When the user says something unexpected that veers from the course of the expected interaction model, the default response can be disorienting. For instance, with our basic model, if the user opened the Energy Australia skill and asked for ‘bananas’ (yes that actually happened during testing), Alexa would simply beep and close the skill without some much as a word. This was not a good experience for the user.
To deal with this scenario, we developed a ‘catch-all’ intent. This was an intent whose sample utterances were both far from the things we expected the user to say and as all-encompassing as possible. To build the large number of utterances needed for the catch-all intent, large number of short phrases including, memes, song lyrics and popular catch phrases were used.
We also ran into a couple issues when specifying the sample utterances for each of the intents.
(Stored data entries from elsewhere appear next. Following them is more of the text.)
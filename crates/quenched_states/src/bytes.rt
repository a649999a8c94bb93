//! The bytes of kept states: each law is the contract of a function with an empty body.

ghost use Rattle.quenched_states.specs.AcceptLaws.{AcceptedAreStates, AcceptedBytesAreKept, KeptStatesAreAccepted};
ghost use Rattle.quenched_states.specs.ByteLaws.{KeptBytesAreLong, KeptBytesAreOne, KeptBytesAreRead, KeptBytesHaveFrame};

/// Kept states have 44 bytes and as many as their checkpoints.
pub fn kept_bytes_are_long()
    ensures { KeptBytesAreLong }
{}

/// The states that were written are those that are read.
pub fn kept_bytes_are_read()
    ensures { KeptBytesAreRead }
{}

/// What was written passes the tests of its frame.
pub fn kept_bytes_have_frame()
    ensures { KeptBytesHaveFrame }
{}

/// Bytes that pass the tests of the frame are those of the states that are read in them.
pub fn kept_bytes_are_one()
    ensures { KeptBytesAreOne }
{}

/// The bytes of states that pass and are at their times are accepted, whatever the tests of one state are.
pub fn kept_states_are_accepted<E>()
    ensures { KeptStatesAreAccepted E }
{}

/// What is accepted are states that pass and are at their times.
pub fn accepted_are_states<E>()
    ensures { AcceptedAreStates E }
{}

/// Kept states that are accepted are the bytes of the states that are read.
pub fn accepted_bytes_are_kept<E>()
    ensures { AcceptedBytesAreKept E }
{}
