//! The rule of a slot made ready for sweeps.

ghost use Rattle.std.specs.Prelude.{◌≡◌, ◌<◌, true, slice_index};
ghost use Rattle.local_rule.specs.ReadyRules.{AreLimits, IsLimit};
ghost use Rattle.local_rule.specs.RowOrder.{is_in_order};

use crate::row_order::is_in_order;
use spin_model::CERTAIN;
use std::marker::Model;
use threshold_table::{RuleKind, RuleRow, SlotRule};

/// The rule of a temperature slot, and beside its thresholds what a sweep would else find anew in each
/// plane: the limits that a processor compares with draws, and whether the row is in order. Contracts see
/// the rule.
#[derive(Drop)]
pub struct ReadyRule {
    rule: SlotRule,
    limits: [i64; 7],
    in_order: bool,
}

impl Model for ReadyRule {
    ghost use Rattle.threshold_table.specs.declared.rule_table.SlotRule.{SlotRule};

    ghost Value = { SlotRule };

    ghost use Rattle.local_rule.specs.ReadyRules.{IsReady};

    ghost view = { λ ready. ready.rule };

    ghost invariant = { λ ready. IsReady ready.rule ready.limits ready.in_order };
}

impl ReadyRule {
    /// This rule.
    pub fn of(rule: &SlotRule) -> ReadyRule
        ensures { result ≡ rule.now }
    {
        ReadyRule {
            rule: *rule,
            limits: limits_of(&rule.row),
            in_order: is_in_order(rule),
        }
    }

    /// The dynamics.
    #[inline(always)]
    pub fn kind(&self) -> RuleKind
        ensures { result ≡ self.now.kind }
    {
        self.rule.kind
    }

    /// The thresholds.
    #[inline(always)]
    pub fn row(&self) -> &RuleRow
        ensures { result.now ≡ self.now.row }
    {
        &self.rule.row
    }

    /// Whether they are in order: rising by heat bath, and falling by Metropolis.
    #[inline(always)]
    pub fn is_in_order(&self) -> bool
        ensures { result ≡ is_in_order self.now }
    {
        self.in_order
    }

    /// A copy.
    #[inline(always)]
    pub fn copy(&self) -> ReadyRule
        ensures { result ≡ self.now }
    {
        ReadyRule {
            rule: self.rule,
            limits: self.limits,
            in_order: self.in_order,
        }
    }

    /// A copy of a rule that is of this kind and in order: code that it is expanded in asks for neither.
    #[inline(always)]
    pub fn copy_in_order(&self, kind: RuleKind) -> ReadyRule
        requires kind { kind ≡ self.now.kind }
        requires order { is_in_order self.now ≡ true }
        ensures { result ≡ self.now }
    {
        ReadyRule {
            rule: SlotRule {
                kind,
                row: self.rule.row,
            },
            limits: self.limits,
            in_order: true,
        }
    }

    /// A number with a sign that is above the same draws as the threshold of a case.
    #[inline(always)]
    pub(crate) fn limit(&self, case: usize) -> i64
        requires { case < 7 }
        ensures { IsLimit (slice_index self.now.row.values case) result }
    {
        self.limits[case]
    }
}

// The limits of seven thresholds.
fn limits_of(row: &RuleRow) -> [i64; 7]
    ensures { AreLimits row.now.values result }
{
    let cases = &row.values;
    [
        with_sign(cases[0]),
        with_sign(cases[1]),
        with_sign(cases[2]),
        with_sign(cases[3]),
        with_sign(cases[4]),
        with_sign(cases[5]),
        with_sign(cases[6]),
    ]
}

// The processors compare with a sign alone. For 0 the limit is -1, since a compiler that knows of numbers
// without a sign compares them as such, by an instruction more for each draw and each threshold.
#[inline(always)]
fn with_sign(threshold: u64) -> i64
    ensures { IsLimit threshold result }
{
    if threshold == 0 {
        -1
    } else {
        threshold.min(CERTAIN) as i64
    }
}
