//! The motion after a quench: each law is the contract of a function with an empty body.

ghost use Rattle.quenched_states.specs.Laws.{OneSlotIsSerial, StillComposes, StillSweeps};

/// To an epoch, and on from there to a later one, is the same as to the later one at once.
pub fn still_composes()
    ensures { StillComposes }
{}

/// An epoch more is the sweeps that an epoch of the serial dynamics has before its exchange.
pub fn still_sweeps()
    ensures { StillSweeps }
{}

/// With one slot, sweeps without exchange are the serial dynamics.
pub fn one_slot_is_serial()
    ensures { OneSlotIsSerial }
{}
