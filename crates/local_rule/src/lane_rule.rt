//! The spin rules on several sites at a time, as on one. Lane i is word i of each row, with draw i.

ghost use Rattle.std.specs.Prelude.{◌≡◌, ℕ, ◌<◌, true, slice_index};
ghost use Rattle.multispin_word.specs.Planes.{is_set};
ghost use Rattle.spin_model.specs.SiteRule as rule;
ghost use Rattle.local_rule.specs.RowOrder.{is_falling, is_rising};
ghost use Rattle.local_rule.specs.SiteBits.{equal_count, lane_words, set_count};

use crate::ready_rule::ReadyRule;
use crate::vectors::{
    accepted_lanes, below_lanes, choose_lanes, count_lanes, differing_lanes, equal_lanes,
    fallen_lanes, joined_lanes, load, raised_lanes,
};
use threshold_table::{RuleKind, RuleRow, SlotRule};

/// The new spins of eight sites by heat bath, written to `out`: in lane i those of the site with draw
/// i, from word i of each of the six rows.
#[inline]
pub fn heat_bath_lanes(draws: &[u32; 8], row: &RuleRow, aligned: &[[u64; 8]; 6], out: &mut [u64; 8])
    ensures { (i b : ℕ) → i < 8 → b < 64
        → is_set (slice_index out.new i) b
        ≡ rule.heat_bath row.now.values (set_count (lane_words aligned.now i) b)
        (slice_index draws.now i) }
{
    let ready = ReadyRule::of(&SlotRule {
        kind: RuleKind::Heat,
        row: *row,
    });
    *out = heat_bath_sites(draws, &ready, aligned);
}

/// Replaces the spins of eight sites by Metropolis: in lane i those of the site with draw i, from
/// word i of each of the six rows and its old spins.
#[inline]
pub fn metropolis_lanes(
    draws: &[u32; 8],
    row: &RuleRow,
    satisfied: &[[u64; 8]; 6],
    spins: &mut [u64; 8],
)
    ensures { (i b : ℕ) → i < 8 → b < 64
        → is_set (slice_index spins.new i) b
        ≡ rule.metropolis row.now.values (set_count (lane_words satisfied.now i) b)
        (slice_index draws.now i) (is_set (slice_index spins.old i) b) }
{
    let ready = ReadyRule::of(&SlotRule {
        kind: RuleKind::Metropolis,
        row: *row,
    });
    *spins = flipped_sites(draws, &ready, satisfied, &[u64::MAX; 8], spins);
}

/// The new spins of N sites by heat bath: in lane i those of the site with draw i, from word i of
/// each of the six rows.
#[inline(always)]
pub fn heat_bath_sites<const N: usize>(
    draws: &[u32; N],
    ready: &ReadyRule,
    aligned: &[[u64; N]; 6],
) -> [u64; N]
    requires { ready.now.kind ≡ RuleKind.Heat }
    ensures { (i b : ℕ) → i < N → b < 64
        → is_set (slice_index result i) b
        ≡ rule.heat_bath ready.now.row.values (set_count (lane_words aligned.now i) b)
        (slice_index draws.now i) }
{
    let rising = ready.is_in_order();
    if rising {
        heat_bath_rising(draws, ready, aligned)
    } else {
        let (draws, ready, aligned) = (*draws, ready.copy(), *aligned);
        heat_bath_any(&draws, &ready, &aligned)
    }
}

// Heat bath by a row in order, with choices of two operations.
#[inline(always)]
fn heat_bath_rising<const N: usize>(
    draws: &[u32; N],
    ready: &ReadyRule,
    aligned: &[[u64; N]; 6],
) -> [u64; N]
    requires { is_rising ready.now.row.values ≡ true }
    ensures { (i b : ℕ) → i < N → b < 64
        → is_set (slice_index result i) b
        ≡ rule.heat_bath ready.now.row.values (set_count (lane_words aligned.now i) b)
        (slice_index draws.now i) }
{
    let [one, two, four] = count_lanes(aligned);
    let (ones, twos, fours) = (load(&one), load(&two), load(&four));
    let zero_one = raised_lanes(
        ones,
        below_lanes(draws, ready, 1),
        below_lanes(draws, ready, 0),
    );
    let two_three = raised_lanes(
        ones,
        below_lanes(draws, ready, 3),
        below_lanes(draws, ready, 2),
    );
    let four_five = raised_lanes(
        ones,
        below_lanes(draws, ready, 5),
        below_lanes(draws, ready, 4),
    );
    let up_to_three = raised_lanes(twos, two_three, zero_one);
    let from_four = raised_lanes(twos, below_lanes(draws, ready, 6), four_five);
    raised_lanes(fours, from_four, up_to_three).to_array()
}

// Heat bath by any row. Out of line and borrowing copies alone, so that a loop over sites holds one body and
// keeps in registers what it lends to that.
#[inline(never)]
fn heat_bath_any<const N: usize>(
    draws: &[u32; N],
    ready: &ReadyRule,
    aligned: &[[u64; N]; 6],
) -> [u64; N]
    ensures { (i b : ℕ) → i < N → b < 64
        → is_set (slice_index result i) b
        ≡ rule.heat_bath ready.now.row.values (set_count (lane_words aligned.now i) b)
        (slice_index draws.now i) }
{
    let [ones, twos, fours] = count_lanes(aligned);
    let (ones, twos) = (load(&ones), load(&twos));
    let zero_one = choose_lanes(
        ones,
        below_lanes(draws, ready, 1),
        below_lanes(draws, ready, 0),
    );
    let two_three = choose_lanes(
        ones,
        below_lanes(draws, ready, 3),
        below_lanes(draws, ready, 2),
    );
    let four_five = choose_lanes(
        ones,
        below_lanes(draws, ready, 5),
        below_lanes(draws, ready, 4),
    );
    let up_to_three = choose_lanes(twos, two_three, zero_one);
    let from_four = choose_lanes(twos, below_lanes(draws, ready, 6), four_five);
    choose_lanes(load(&fours), from_four, up_to_three).to_array()
}

/// The new spins of N sites by Metropolis: in lane i those of the site with draw i, from word i of
/// each of the six rows of aligned neighbours and its old spins. The bond to a neighbour is satisfied
/// where its bit is equal to that of the spin.
#[inline(always)]
pub fn metropolis_sites<const N: usize>(
    draws: &[u32; N],
    ready: &ReadyRule,
    aligned: &[[u64; N]; 6],
    spins: &[u64; N],
) -> [u64; N]
    requires { ready.now.kind ≡ RuleKind.Metropolis }
    ensures { (i b : ℕ) → i < N → b < 64
        → is_set (slice_index result i) b
        ≡ rule.metropolis ready.now.row.values
        (equal_count (lane_words aligned.now i) (slice_index spins.now i) b)
        (slice_index draws.now i) (is_set (slice_index spins.now i) b) }
{
    flipped_sites(draws, ready, aligned, spins, spins)
}

// Metropolis, where those bonds of a sample are satisfied whose bits are equal to that of `same`.
#[inline(always)]
fn flipped_sites<const N: usize>(
    draws: &[u32; N],
    ready: &ReadyRule,
    six: &[[u64; N]; 6],
    same: &[u64; N],
    spins: &[u64; N],
) -> [u64; N]
    requires { ready.now.kind ≡ RuleKind.Metropolis }
    ensures { (i b : ℕ) → i < N → b < 64
        → is_set (slice_index result i) b
        ≡ rule.metropolis ready.now.row.values
        (equal_count (lane_words six.now i) (slice_index same.now i) b)
        (slice_index draws.now i) (is_set (slice_index spins.now i) b) }
{
    let falling = ready.is_in_order();
    if falling {
        flipped_falling(draws, ready, six, same, spins)
    } else {
        let (draws, ready, six, same, spins) = (*draws, ready.copy(), *six, *same, *spins);
        flipped_any(&draws, &ready, &six, &same, &spins)
    }
}

// Metropolis by a row in order, with choices of two operations.
#[inline(always)]
fn flipped_falling<const N: usize>(
    draws: &[u32; N],
    ready: &ReadyRule,
    six: &[[u64; N]; 6],
    same: &[u64; N],
    spins: &[u64; N],
) -> [u64; N]
    requires { is_falling ready.now.row.values ≡ true }
    ensures { (i b : ℕ) → i < N → b < 64
        → is_set (slice_index result i) b
        ≡ rule.metropolis ready.now.row.values
        (equal_count (lane_words six.now i) (slice_index same.now i) b)
        (slice_index draws.now i) (is_set (slice_index spins.now i) b) }
{
    let [one, no_two, no_four] = equal_lanes(six, same);
    let flipped = fallen_lanes(
        load(&one),
        load(&no_two),
        below_lanes(draws, ready, 0),
        below_lanes(draws, ready, 1),
        below_lanes(draws, ready, 2),
    );
    differing_lanes(load(spins), joined_lanes(load(&no_four), flipped)).to_array()
}

// Metropolis by any row, out of line as heat bath is.
#[inline(never)]
fn flipped_any<const N: usize>(
    draws: &[u32; N],
    ready: &ReadyRule,
    six: &[[u64; N]; 6],
    same: &[u64; N],
    spins: &[u64; N],
) -> [u64; N]
    ensures { (i b : ℕ) → i < N → b < 64
        → is_set (slice_index result i) b
        ≡ rule.metropolis ready.now.row.values
        (equal_count (lane_words six.now i) (slice_index same.now i) b)
        (slice_index draws.now i) (is_set (slice_index spins.now i) b) }
{
    let [ones, no_twos, no_fours] = equal_lanes(six, same);
    let accepted = accepted_lanes(
        load(&ones),
        load(&no_twos),
        below_lanes(draws, ready, 0),
        below_lanes(draws, ready, 1),
        below_lanes(draws, ready, 2),
    );
    differing_lanes(load(spins), joined_lanes(load(&no_fours), accepted)).to_array()
}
It is encouraged to the add as many sample utterances as possible to ensure the highest possible match, and there are several really good tools available online which can be used to generate these.
However, it is important to make sure that there is little to no overlap between the utterances used for intents and for slot filling. For example, the utterance “about my electricity” can be used to establish an intent, but “my electricity” could also be used for slot filling. So despite us knowing they were contextually separate, Alexa would occasionally match the slot filling action at the wrong point in the conversation, resulting in an error response.
We resolved this by reducing the number of utterances for slot filling, and ensuring the sample utterances were as distinct as possible.
One of the biggest concerns with developing a voice interface is latency. In our case, we were primarily concerned with how long it took to return a response to Alexa. The total timeout is around 5 seconds, after which Alexa gives up and informs the user that the skill took to long.
Whilst a five second delay can be a little annoying to the end user of a traditional visual interface like a website, it’s not a deal-breaker. With a voice interface, a five second delay can feel much worse, as people aren’t used to having to endure five seconds of deafening silence when they ask a question to a real person. At the very least, a real person might utter ‘umm’ or provide some visual cue to indicate that they are thinking. Whilst the light at the top of an Echo will flash as it processes input to indicate that something is happening, it’s still preferable to not make the user wait too long.
Unfortunately, in an enterprise system designed for traditional visual interfaces, five second delays are not uncommon. We ran into this when connecting to our existing on-premise CRM system, which only had a few SOAP web services available to obtain user data. This was compounded by the fact that the data we needed was split across a number of very expensive web service calls.
We partially mitigated the problem using the usual tricks employed when developing backend services: reusing sockets and configuring a cloud watch event to keep the lambda warm to avoid any potential startup time. However, the real time saver was when we modified the backend to make as many SOAP calls in parallel as possible. This brought the skill response time back to a more acceptable level.
There are certainly a number of pitfalls when developing an Alexa skill, such as the confusion between slot filling utterances and intents, and the mis-interpretation of certain accents. However, this will likely be ironed out as the platform matures.
Voice interfaces provide a novel and natural method for users to interact with their account, and we look forward to extending this Alexa skill to provide EnergyAustralia’s customers with even more helpful and detailed insights into their energy accounts.